Searching and finding relevant products is a critical component of an e-commerce website. Providing fast and accurate search results can make the difference between high user satisfaction and user frustration. With recent advancements in natural language understanding and vector search technologies, enhanced search systems have become more accessible and efficient, leading to better user experiences and improved conversion rates.

In this blog post, we’ll explore how to implement a hybrid search system for e-commerce using Pinecone, a high-performance vector search engine, and fine-tuned domain-specific language models. By the end of this post, you’ll not only have a strong understanding of hybrid search but also a practical step-by-step guide to implementing it.
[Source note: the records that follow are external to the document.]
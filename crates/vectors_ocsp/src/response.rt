//! OCSP responses (RFC 6960, 4.2.1).

use crate::response_notation::{Responder, ResponseNotation, Single, Status};
use der_tree::{Tree, encode};
use sha1::Sha1;
use sha2::{Digest, Sha256};
use std::alloc::Global;
use vectors::{
    NotationFault, algorithm_tree, bit_string, key_info, name, name_tree, primitive, toy_signature,
    tree_of,
};

/// id-sha1, 1.3.14.3.2.26
const SHA_1: &[u8] = b"\x2B\x0E\x03\x02\x1A";

/// id-sha256, 2.16.840.1.101.3.4.2.1
const SHA_256: &[u8] = b"\x60\x86\x48\x01\x65\x03\x04\x02\x01";

/// id-pkix-ocsp-basic
const BASIC_RESPONSE: &[u8] = b"\x2B\x06\x01\x05\x05\x07\x30\x01\x01";

/// An EXPLICIT tag over one value.
fn explicit(alloc: Global, identifier: u8, inside: Tree) -> Result<Tree, NotationFault> {
    Ok(Tree::Constructed(identifier, vec![in alloc; inside]?))
}

/// An OCTET STRING of the hash of these octets.
fn hash_tree(alloc: Global, by_sha256: bool, octets: &[u8]) -> Result<Tree, NotationFault> {
    if by_sha256 {
        Ok(primitive(alloc, 0x04, &Sha256::digest(octets))?)
    } else {
        Ok(primitive(alloc, 0x04, &Sha1::digest(octets))?)
    }
}

/// CertID ::= SEQUENCE { hashAlgorithm, issuerNameHash, issuerKeyHash, serialNumber }
fn cert_id(
    alloc: Global,
    notation: &ResponseNotation<'_>,
    single: &Single,
) -> Result<Tree, NotationFault> {
    let by_sha256 = single.by_sha256;
    let kind = primitive(alloc, 0x06, if by_sha256 { SHA_256 } else { SHA_1 })?;
    let algorithm = Tree::Constructed(0x30, vec![in alloc; kind]?);
    let issuer = name(alloc, notation.named)?;
    let name_hash = hash_tree(alloc, by_sha256, &issuer)?;
    let key_hash = hash_tree(alloc, by_sha256, notation.key.as_bytes())?;
    let serial = primitive(alloc, 0x02, &single.serial)?;
    Ok(Tree::Constructed(
        0x30,
        vec![in alloc; algorithm, name_hash, key_hash, serial]?,
    ))
}

/// CertStatus ::= CHOICE { good [0], revoked [1], unknown [2] }
fn status_tree(alloc: Global, status: Status, revoked_at: &str) -> Result<Tree, NotationFault> {
    match status {
        Status::Good => Ok(primitive(alloc, 0x80, &[])?),
        Status::Unknown => Ok(primitive(alloc, 0x82, &[])?),
        Status::Revoked(reason) => {
            let mut members = vec![in alloc; primitive(alloc, 0x18, revoked_at.as_bytes())?]?;
            if let Some(reason) = reason {
                let [.., octet] = reason.to_be_bytes();
                let code = primitive(alloc, 0x0A, &[octet])?;
                members.push(explicit(alloc, 0xA0, code)?)?;
            }
            Ok(Tree::Constructed(0xA1, members))
        }
    }
}

/// SingleResponse ::= SEQUENCE { certID, certStatus, thisUpdate, nextUpdate [0] }
fn single_tree(
    alloc: Global,
    notation: &ResponseNotation<'_>,
    single: &Single,
) -> Result<Tree, NotationFault> {
    let id = cert_id(alloc, notation, single)?;
    let status = status_tree(alloc, single.status, notation.this_update)?;
    let this_update = primitive(alloc, 0x18, notation.this_update.as_bytes())?;
    let mut members = vec![in alloc; id, status, this_update]?;
    if let Some(text) = notation.next_update {
        let next_update = primitive(alloc, 0x18, text.as_bytes())?;
        members.push(explicit(alloc, 0xA0, next_update)?)?;
    }
    Ok(Tree::Constructed(0x30, members))
}

/// ResponderID ::= CHOICE { byName [1], byKey [2] }
fn responder_tree(alloc: Global, responder: Responder<'_>) -> Result<Tree, NotationFault> {
    match responder {
        Responder::ByName(text) => explicit(alloc, 0xA1, name_tree(alloc, text)?),
        Responder::ByKey(key) => {
            let hash = primitive(alloc, 0x04, &Sha1::digest(key.as_bytes()))?;
            explicit(alloc, 0xA2, hash)
        }
    }
}

/// ResponseData ::= SEQUENCE { responderID, producedAt, responses }
fn signed_part(alloc: Global, notation: &ResponseNotation<'_>) -> Result<Tree, NotationFault> {
    let responder = responder_tree(alloc, notation.responder)?;
    let produced_at = primitive(alloc, 0x18, notation.produced_at.as_bytes())?;
    let mut singles = Vec::new(alloc);
    for single in &notation.singles {
        singles.push(single_tree(alloc, notation, single)?)?;
    }
    let responses = Tree::Constructed(0x30, singles);
    Ok(Tree::Constructed(0x30, vec![in alloc; responder, produced_at, responses]?))
}

/// The certificate that the text asks for, or, if the text is empty, a SEQUENCE without members, which is none.
fn certificate_or_none(alloc: Global, text: &str) -> Result<Tree, NotationFault> {
    if text.is_empty() {
        return Ok(Tree::Constructed(0x30, Vec::new(alloc)));
    }
    tree_of(alloc, text)
}

/// certs [0] EXPLICIT SEQUENCE OF Certificate: nothing if there are none
fn push_certificates(
    alloc: Global,
    members: &mut Vec<Tree>,
    certificates: &[&str],
) -> Result<(), NotationFault> {
    if certificates.is_empty() {
        return Ok(());
    }
    let mut all = Vec::new(alloc);
    for text in certificates {
        all.push(certificate_or_none(alloc, text)?)?;
    }
    members.push(explicit(alloc, 0xA0, Tree::Constructed(0x30, all))?)?;
    Ok(())
}

/// BasicOCSPResponse ::= SEQUENCE { tbsResponseData, signatureAlgorithm, signature, certs [0] }
fn basic_response(
    alloc: Global,
    notation: &ResponseNotation<'_>,
    certificates: &[&str],
) -> Result<Tree, NotationFault> {
    let signed = signed_part(alloc, notation)?;
    let signer = key_info(alloc, notation.signer)?;
    let message = encode(alloc, &signed)?;
    let algorithm = algorithm_tree(alloc)?;
    let signature = bit_string(alloc, &toy_signature(&signer, &message))?;
    let mut members = vec![in alloc; signed, algorithm, signature]?;
    push_certificates(alloc, &mut members, certificates)?;
    Ok(Tree::Constructed(0x30, members))
}

/// The DER of the response that the text asks for, in the notation at the head of this crate, with the certificates that these texts ask
/// for in `certs`.
pub fn ocsp_response(
    alloc: Global,
    text: &str,
    certificates: &[&str],
) -> Result<Vec<u8>, NotationFault> {
    let notation = ResponseNotation::read(alloc, text)?;
    let basic = basic_response(alloc, &notation, certificates)?;
    let kind = primitive(alloc, 0x06, BASIC_RESPONSE)?;
    let octets = Tree::Primitive(0x04, encode(alloc, &basic)?);
    let bytes = Tree::Constructed(0x30, vec![in alloc; kind, octets]?);
    let status = primitive(alloc, 0x0A, &[0])?;
    let whole = Tree::Constructed(0x30, vec![in alloc; status, explicit(alloc, 0xA0, bytes)?]?);
    Ok(encode(alloc, &whole)?)
}
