//! A run over the system's files, with what the words in front of the command ask of it.
ghost use Rattle.std.specs.Prelude.{◌≡◌, ◌⊎◌, ◌++◌, IfOk};
ghost use Rattle.cli.specs.Ended.{AnswersByStatus, AnswersCommand, EndedAs, FailsByStatus, FailsCommand, IsAnswering, IsFailing};
ghost use Rattle.cli.specs.OnMachine.{host_on};
ghost use Rattle.cli.specs.Outcome.{IsDone, IsLineFailure};
ghost use Rattle.cli.specs.Streams.{streams};
ghost use Rattle.sqlite_wal.specs.Files.{image_at};

use crate::execution::{answer_of_clap, finish, run};
use cli_answers::FAILED;
use cli_failures::{Failure, hint_after_delivery, hint_to};
use cli_store::Machine;
use cli_words::{Line, RunOptions, RunWords, command_of, run_options};
use sqlite_disk::Start;
use statements_facts::Profile;
use std::alloc::{AllocError, Global};
use std::io::{Read, Write};

// The program's name, where the system gives one, and the words of the command.
fn words_of<'a>(
    alloc: Global,
    name: &[&'a str],
    command: &[&'a str],
) -> Result<Vec<&'a str>, AllocError>
    ensures { IfOk result (λ words. words.items ≡ name.now ++ command.now) }
{
    let mut words = Vec::from_slice(alloc, name)?;
    words.extend_from_slice(command)?;
    Ok(words)
}

// What to do about the failure, behind the line that reports it; or what to know about a list that was delivered. That standard error
// failed is told nowhere.
fn give_hint<E: Write>(
    rt: &HostRuntime,
    profile: Profile,
    line: &Line<'_>,
    outcome: Result<u8, Failure<'_>>,
    err: &mut E,
) {
    let _ = match (line, outcome) {
        (_, Err(failure)) => hint_to(rt, profile, line, &failure, err),
        (Line::Deliver { file, .. }, Ok(_)) => hint_after_delivery(rt, profile, file, err),
        (_, Ok(_)) => Ok(()),
    };
}

// The run of a line.
fn run_line<S: Start + Copy, I: Read, O: Write, E: Write>(
    machine: &Machine<'_, S>,
    alloc: Global,
    hints: bool,
    line: &Line<'_>,
    input: &mut I,
    out: &mut O,
    err: &mut E,
) -> u8
    ensures status { IsAnswering result ⊎ IsFailing result }
    ensures answered { IsAnswering result
        → IsDone (host_on (image_at S.Start) machine.now.profile) line.now
        (streams I.remaining input.old input.new O.contents out.old out.new) result }
    ensures failed { IsFailing result → EndedAs
        (IsLineFailure (host_on (image_at S.Start) machine.now.profile) line.now
        (streams I.remaining input.old input.new O.contents out.old out.new))
        (out.new ≡ out.old) result }
{
    let outcome = run(machine, alloc, line, input, out);
    let status = finish(outcome, err).status;
    if hints {
        give_hint(machine.rt, machine.profile, line, outcome, err);
    }
    status
}

// The run of the words, which begin with the program's name.
fn run_words<S: Start + Copy, I: Read, O: Write, E: Write>(
    rt: &HostRuntime,
    start: S,
    alloc: Global,
    options: RunOptions,
    words: &[&str],
    input: &mut I,
    out: &mut O,
    err: &mut E,
) -> u8
    ensures status { IsAnswering result ⊎ IsFailing result }
    ensures answered { AnswersByStatus (host_on (image_at S.Start) options.profile) words.now
        I.remaining input.old input.new O.contents out.old out.new result }
    ensures failed { FailsByStatus (host_on (image_at S.Start) options.profile) words.now
        I.remaining input.old input.new O.contents out.old out.new result }
{
    let machine = Machine {
        rt,
        wait: options.wait,
        profile: options.profile,
        start,
    };
    match command_of(alloc, words) {
        Ok(line) => run_line(&machine, alloc, options.hints, &line, input, out, err),
        Err(error) => answer_of_clap(&error, out, err).status,
    }
}

/// Does what the words ask for, of which the first is the program's name, as `execute` does, over the system's files. Behind the name may
/// stand options for the whole run (`cli_words::run_options`): a store that another process has open is waited for, `--profile` says the
/// profile of the run's stores, and with `--hints` a failure is followed by a line that says what to do. `S` stands for what the files of a store hold as they are opened; `main` names
/// `AnyFiles`.
pub fn start<S: Start + Copy, I: Read, O: Write, E: Write>(
    rt: &HostRuntime,
    first: S,
    alloc: Global,
    words: &[&str],
    input: &mut I,
    out: &mut O,
    err: &mut E,
) -> u8
    ensures status { IsAnswering result ⊎ IsFailing result }
    ensures answered { AnswersCommand (host_on (image_at S.Start)) words.now
        I.remaining input.old input.new O.contents out.old out.new result }
    ensures failed { FailsCommand (host_on (image_at S.Start)) words.now
        I.remaining input.old input.new O.contents out.old out.new result }
{
    let (name, behind) = words.split_at(words.len().min(1));
    let RunWords { options, words } = run_options(behind);
    match words_of(alloc, name, words) {
        Ok(command) => run_words(
            rt,
            first,
            alloc,
            options,
            command.as_slice(),
            input,
            out,
            err,
        ),
        Err(_) => {
            let _ = Failure::NoMemory.report(err);
            FAILED
        }
    }
}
Pinecone Hybrid Index High-level view of simple Pinecone Hybrid Index

Before diving into the implementation, let’s quickly understand what hybrid search means. Hybrid search is an approach that combines the strengths of both traditional search (sparse vector search) and vector search (dense vector search) to achieve better search performance across a wide range of domains.

Dense vector search extracts high-quality vector embeddings from text data and performs a similarity search to find relevant documents. However, it often struggles with out-of-domain data when it’s not fine-tuned on domain-specific datasets.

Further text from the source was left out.